== Segment start ==
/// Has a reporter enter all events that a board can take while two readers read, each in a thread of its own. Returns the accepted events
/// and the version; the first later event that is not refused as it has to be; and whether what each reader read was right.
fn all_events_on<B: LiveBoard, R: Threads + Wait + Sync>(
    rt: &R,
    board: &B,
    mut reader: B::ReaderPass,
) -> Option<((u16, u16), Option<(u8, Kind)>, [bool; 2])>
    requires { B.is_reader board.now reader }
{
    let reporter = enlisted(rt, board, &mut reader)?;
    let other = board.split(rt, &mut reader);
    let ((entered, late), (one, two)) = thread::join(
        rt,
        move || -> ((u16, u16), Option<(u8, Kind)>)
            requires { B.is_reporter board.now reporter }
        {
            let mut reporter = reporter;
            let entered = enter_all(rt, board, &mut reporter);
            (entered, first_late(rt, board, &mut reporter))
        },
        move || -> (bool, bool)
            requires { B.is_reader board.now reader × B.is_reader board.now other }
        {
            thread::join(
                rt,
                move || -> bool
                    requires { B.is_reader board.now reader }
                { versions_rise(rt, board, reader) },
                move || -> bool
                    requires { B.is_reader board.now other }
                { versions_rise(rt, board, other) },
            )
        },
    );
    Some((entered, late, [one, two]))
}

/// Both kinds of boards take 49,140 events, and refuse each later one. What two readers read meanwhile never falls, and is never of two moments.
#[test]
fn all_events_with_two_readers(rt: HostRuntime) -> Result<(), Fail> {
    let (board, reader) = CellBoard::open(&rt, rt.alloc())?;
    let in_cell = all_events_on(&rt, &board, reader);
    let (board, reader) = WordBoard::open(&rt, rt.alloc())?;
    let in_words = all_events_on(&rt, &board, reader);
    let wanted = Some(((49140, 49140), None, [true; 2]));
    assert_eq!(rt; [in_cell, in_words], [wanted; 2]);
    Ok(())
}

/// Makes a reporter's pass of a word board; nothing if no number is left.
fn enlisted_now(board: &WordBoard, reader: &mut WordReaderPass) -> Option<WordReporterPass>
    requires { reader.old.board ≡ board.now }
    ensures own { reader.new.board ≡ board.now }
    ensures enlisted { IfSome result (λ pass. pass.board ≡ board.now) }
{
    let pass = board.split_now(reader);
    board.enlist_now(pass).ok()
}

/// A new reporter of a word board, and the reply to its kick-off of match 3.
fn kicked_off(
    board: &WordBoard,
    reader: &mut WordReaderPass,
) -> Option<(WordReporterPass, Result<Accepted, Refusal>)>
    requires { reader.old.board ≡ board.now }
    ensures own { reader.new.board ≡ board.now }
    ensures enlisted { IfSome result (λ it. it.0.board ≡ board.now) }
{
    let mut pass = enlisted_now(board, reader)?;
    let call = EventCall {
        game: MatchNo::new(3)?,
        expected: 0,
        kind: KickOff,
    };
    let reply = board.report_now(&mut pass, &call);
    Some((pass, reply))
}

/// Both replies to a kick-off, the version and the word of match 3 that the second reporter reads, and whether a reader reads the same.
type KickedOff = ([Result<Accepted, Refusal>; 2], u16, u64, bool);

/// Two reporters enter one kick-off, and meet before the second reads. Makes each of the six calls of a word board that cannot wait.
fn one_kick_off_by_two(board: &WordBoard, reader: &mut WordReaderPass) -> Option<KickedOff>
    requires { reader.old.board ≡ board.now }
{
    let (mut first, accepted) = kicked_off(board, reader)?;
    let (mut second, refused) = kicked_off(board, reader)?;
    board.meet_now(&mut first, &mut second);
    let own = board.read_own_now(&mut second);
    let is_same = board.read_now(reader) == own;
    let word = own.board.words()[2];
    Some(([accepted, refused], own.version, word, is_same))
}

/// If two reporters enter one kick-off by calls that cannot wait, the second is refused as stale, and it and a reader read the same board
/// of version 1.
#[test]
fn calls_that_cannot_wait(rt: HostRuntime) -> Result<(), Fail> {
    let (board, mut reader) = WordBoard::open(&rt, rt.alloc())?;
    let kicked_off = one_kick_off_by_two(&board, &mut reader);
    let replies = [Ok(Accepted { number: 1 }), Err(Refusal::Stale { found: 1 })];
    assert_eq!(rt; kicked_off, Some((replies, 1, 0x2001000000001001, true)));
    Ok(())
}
== Segment end ==
== Segment start ==
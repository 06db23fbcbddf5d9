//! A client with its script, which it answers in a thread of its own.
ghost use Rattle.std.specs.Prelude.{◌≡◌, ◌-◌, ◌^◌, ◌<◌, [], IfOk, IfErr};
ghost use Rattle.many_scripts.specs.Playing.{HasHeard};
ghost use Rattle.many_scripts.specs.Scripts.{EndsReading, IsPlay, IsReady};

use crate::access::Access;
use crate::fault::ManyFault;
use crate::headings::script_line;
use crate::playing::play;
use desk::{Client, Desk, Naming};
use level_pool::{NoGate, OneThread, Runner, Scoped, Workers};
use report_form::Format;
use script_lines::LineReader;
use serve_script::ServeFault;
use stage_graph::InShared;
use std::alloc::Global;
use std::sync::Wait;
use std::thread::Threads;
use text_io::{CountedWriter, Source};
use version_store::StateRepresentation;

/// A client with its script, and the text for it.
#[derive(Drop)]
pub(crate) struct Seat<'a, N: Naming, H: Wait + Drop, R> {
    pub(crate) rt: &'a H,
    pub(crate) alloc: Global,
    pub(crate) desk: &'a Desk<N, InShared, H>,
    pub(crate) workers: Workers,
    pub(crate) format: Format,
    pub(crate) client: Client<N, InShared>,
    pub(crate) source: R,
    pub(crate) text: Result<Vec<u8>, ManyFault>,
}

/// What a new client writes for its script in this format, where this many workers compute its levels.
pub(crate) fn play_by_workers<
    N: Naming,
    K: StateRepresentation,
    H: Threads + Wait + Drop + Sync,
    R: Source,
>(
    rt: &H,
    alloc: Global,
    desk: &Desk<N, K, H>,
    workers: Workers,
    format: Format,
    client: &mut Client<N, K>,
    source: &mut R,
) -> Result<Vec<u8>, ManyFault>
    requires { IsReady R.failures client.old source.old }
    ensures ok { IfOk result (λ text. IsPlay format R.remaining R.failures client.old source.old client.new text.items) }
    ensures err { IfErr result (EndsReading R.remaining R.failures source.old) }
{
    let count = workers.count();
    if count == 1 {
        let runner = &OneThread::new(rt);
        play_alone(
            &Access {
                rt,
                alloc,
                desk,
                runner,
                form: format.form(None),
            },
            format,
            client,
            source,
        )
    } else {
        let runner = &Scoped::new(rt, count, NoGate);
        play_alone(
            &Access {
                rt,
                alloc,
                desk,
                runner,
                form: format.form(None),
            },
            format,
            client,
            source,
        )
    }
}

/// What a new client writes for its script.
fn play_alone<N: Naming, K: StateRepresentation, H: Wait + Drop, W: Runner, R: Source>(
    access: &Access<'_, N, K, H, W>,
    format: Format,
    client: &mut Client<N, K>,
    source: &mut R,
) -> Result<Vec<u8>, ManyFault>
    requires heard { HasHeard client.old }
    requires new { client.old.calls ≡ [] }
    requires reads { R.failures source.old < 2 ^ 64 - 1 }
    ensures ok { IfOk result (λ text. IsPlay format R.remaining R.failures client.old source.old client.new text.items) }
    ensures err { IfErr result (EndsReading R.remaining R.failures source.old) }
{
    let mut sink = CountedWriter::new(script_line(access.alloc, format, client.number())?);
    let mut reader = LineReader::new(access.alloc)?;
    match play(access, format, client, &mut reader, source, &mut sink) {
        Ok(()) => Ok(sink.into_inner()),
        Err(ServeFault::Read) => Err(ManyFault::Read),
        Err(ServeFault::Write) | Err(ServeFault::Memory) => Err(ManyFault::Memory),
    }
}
== Segment end ==
= Your assignment =
From the records, copy out each line that includes the string "StateRepresentation".

= Exercise result =
use version_store::StateRepresentation;
    K: StateRepresentation,
fn play_alone<N: Naming, K: StateRepresentation, H: Wait + Drop, W: Runner, R: Source>(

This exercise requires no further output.